# "Baby Proofing" Budgie's Room



## Lilsprout (Oct 28, 2017)

I'm currently preparing to foster budgies and something I have thought of, baby proofing the room. My computer is in their room (so we can spend as much time together as possible) and I was going to get plastic cord covers for every single cord in case someone goes in for a quick nibble as well as those baby proof socket covers so no one sticks their beak or toe into an outlet. There is a window in the room but I am going to cover it until I can teach the budgie(s) that window=solid object. In addition I have some framed and mounted insect specimens on the wall, should I remove those?
Other than that I've removed all of my furniture except for my bed and computer desk (so I can have room for several cages and play areas in the room) the closet doors are perpetually closed because I don't get stuff out of there often. Any other safety considerations I should take into account?


----------



## Hunterkat (Mar 29, 2017)

If you don't want them perching on the mounted insect specimens, then you should probably remove them, otherwise it sounds like you've thought of everything!


----------



## Therm (Aug 2, 2015)

Any framed picture they are likely to land on. 
If you have any tall furniture in the room they will also head to the top of that, so either try and find a way to keep them off or cover the top so it doesn't get messy. 
I find that keeping my curtains drawn (but the light on so the birds can navigate the room) when I have new birds helps them to navigate the room. once they have the confidence to fly around the room and know it well, I will have the curtains open. There is still a net curtain up which helps them to realise not to go that way. 

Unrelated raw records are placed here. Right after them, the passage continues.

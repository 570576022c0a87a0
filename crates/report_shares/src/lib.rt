//! The shares of a report's workers: all ticks are cut into columns of equal width, and for each worker and each column
//! it is counted how many ticks the worker's leaves work and how many they call.
//!
//! `shares` counts them for rows and a book that need not be lawful. `laws` states that the columns take each tick
//! once, that a worker of a lawful report never does more than a column has ticks, and that all shares together are
//! what all rows last. The crate builds on `batch_history`, which defines rows and books, and on `sp_order` and
//! `seq_objects` for what a lawful report is.
#![tactic(auto)]

mod callers;
mod counting;
mod lane;
pub mod laws;
mod share;
mod ticks;

pub use counting::shares;
pub use share::Share;
pub use ticks::width_of;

Sounds like you have a lot of things covered.


----------



## lbeckman (Jun 26, 2016)

Sooner or later, one of them will decide that whatever window coverings you have would make good shredder toys and will "teach" the other birds to join in. :laughing1: (With a lot of birds coming and going, one of them is bound to think of almost anything sooner or later--I think of it as part of the fun of fostering.) Just make sure it's nothing they'll get their little claws stuck in. I redirect them and no major damage has been done. Yet. 

Mine all love looking out the windows, BTW. Sometimes two of the will sit there looking like they are chatting about whatever they can see.


----------



## lbeckman (Jun 26, 2016)

Oh, and ceiling light fixtures. If it's not enclosed, make sure it's nothing they could get hurt on or burned by--LED bulbs stay cooler.


----------



## Lilsprout (Oct 28, 2017)

lbeckman said:


> Oh, and ceiling light fixtures. If it's not enclosed, make sure it's nothing they could get hurt on or burned by--LED bulbs stay cooler.


That's great because I just bought LED bulbs, I'm going to take the cover off the ceiling light because it's basically a little bowl that they could easily get stuck in. I just thought of that now after I looked up at the ceiling lol!


----------



## JRS (Sep 3, 2016)

The only other thing I would suggest, is something to hang on the outside handle of the door, to warn others in the house that a cage is open and birds may be flying around.
Best of luck


----------